In this project the approach that is going to be taken is to use non supervised learning to explore the data space and find patterns within.
In the file there are several algorithms tested on easy datasets to cluster, and a hard movies dataset. The data used for this research is from the combination of two Kaggle data sets. The resulting data set contains the following features.
- Title of the movie.
- Rating, a categorical variable indicating the Motion Picture Association film rating.
- Genres, a categorical variable indicating the main genre of the movie.
- Duration of the movie in minutes.
- Number of years since the film premiere.
- Votes in IMDb.
- Score in IMDb.
- Country, 1 if the country is The United States, 0 if not.
- Budget of the film
All the unsupervised learning algorithms in this project are self created and programmed, in order to deeply understand them.

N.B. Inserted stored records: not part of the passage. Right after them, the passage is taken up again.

//! The hosts file.

ghost use Rattle.std.specs.Prelude.{◌≡◌, IfOk};
ghost use Rattle.std.specs.List.{list_any};
ghost use Rattle.std.specs.Str.{str_eq_ignore_ascii_case};
ghost use Rattle.he_names.specs.Fields.{texts};
ghost use Rattle.he_names.specs.Hosts.{given_by, hosts_in, line_gives, uncommented};

use crate::fields::{before, fields, lines};
use he_addr::{Ip, Memory, read_ip};
use std::alloc::Allocator;

const COMMENT: u8 = b'#';

/// The addresses of both families that a hosts file has for a name, line by line (hosts(5)): a line has an address
/// and then its names, and a number sign begins a comment. Names are compared case-insensitively. Invalid lines are
/// ignored, and so are addresses with a zone.
///
/// # Errors
///
/// [`Memory`] if an allocation failed.
pub fn read_hosts<A: Allocator + Copy>(
    alloc: A,
    text: &[u8],
    name: &[u8],
) -> Result<Vec<Ip, A>, Memory>
    ensures { IfOk result (λ found. found.items ≡ hosts_in name.now text.now) }
{
    let lines = lines(alloc, text)?;
    let mut found = Vec::new(alloc);
    for line in &lines {
        if let Some(ip) = read_line(alloc, line, name)? {
            found.push(ip)?;
        }
    }
    Ok(found)
}

// The address that a line gives to the name.
#[tactic(auto, unfolding(crate::specs::Hosts::line_gives))]
fn read_line<A: Allocator + Copy>(alloc: A, line: &[u8], name: &[u8]) -> Result<Option<Ip>, Memory>
    ensures { IfOk result (λ found. found ≡ line_gives name.now line.now) }
{
    let fields = fields(alloc, without_comment(line))?;
    Ok(given_by(fields.as_slice(), name))
}

fn given_by(fields: &[&[u8]], name: &[u8]) -> Option<Ip>
    ensures { result ≡ given_by name.now (texts fields.now) }
{
    match fields {
        [address, names @ ..] if has_name(names, name) => read_ip(address),
        _ => None,
    }
}

fn has_name(names: &[&[u8]], name: &[u8]) -> bool
    ensures { result ≡ list_any (str_eq_ignore_ascii_case name.now) (texts names.now) }
{
    names.iter().any(|other| is_same_name(name, other))
}

fn is_same_name(name: &[u8], other: &[u8]) -> bool
    ensures { result ≡ str_eq_ignore_ascii_case name.now other.now }
{
    name.eq_ignore_ascii_case(other)
}

// The line up to its comment.
pub(crate) fn without_comment(line: &[u8]) -> &[u8]
    ensures { result.now ≡ uncommented line.now }
{
    before(line, COMMENT)
}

The algorithms are in the notebook Unsupervised_Learning_Juliana_Henao.ipynb. And there you can find:
- K means clustering
- Fuzzy C-means
- C-means clustering
- Trimmed k-means clustering
Also exploring using different similarity metrics and changing the hyper-parametres. The description of these algorithms are in the paper in this repository Trabajo_No_supervisado_Juliana_Henao.pdf
If you want to replicate the results of this project you must download the data folder and simply run the notebook. The notebook already includes a requirements.txt generator.
Also, the description, analysis and conclusion of the results are in the paper mentioned above.